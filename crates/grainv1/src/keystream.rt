// The keystream, 64 bits at a time.
ghost use Rattle.std.specs.Prelude.{◌≡◌, []};
ghost use Rattle.generators.specs.Running.{clocks, given};
ghost use Rattle.grainv1.specs.Functions.{grainv1};
ghost use Rattle.grainv1.specs.Words.{generator_of, running_of, Keystreams};

use crate::registers::{Registers, Run};
use crate::{registers, stroke};

// Sixteen clocks of a run.
fn next(r: Run) -> Run
    ensures { running_of result ≡ clocks grainv1 16 (given []) (given []) (running_of r) }
{
    let g = r.registers;
    let y = stroke::outputs(g);
    Run {
        registers: stroke::plain(g),
        outputs: registers::moved(r.outputs, y),
    }
}

// The outputs of 64 clocks, and the registers after them.
pub fn word(g: Registers) -> Run
    ensures { Keystreams (generator_of g) result }
{
    let mut now = Run {
        registers: g,
        outputs: 0,
    };
    for _ in 0..4u8 {
        now = next(now);
    }
    now
}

------------------------------------------------------------------------

**YOUR TASK**
Copy every line of the material in which the word "ghost" occurs.

**ANSWER SECTION**
ghost use Rattle.std.specs.Prelude.{◌≡◌, []};
ghost use Rattle.generators.specs.Running.{clocks, given};
ghost use Rattle.grainv1.specs.Functions.{grainv1};
ghost use Rattle.grainv1.specs.Words.{generator_of, running_of, Keystreams};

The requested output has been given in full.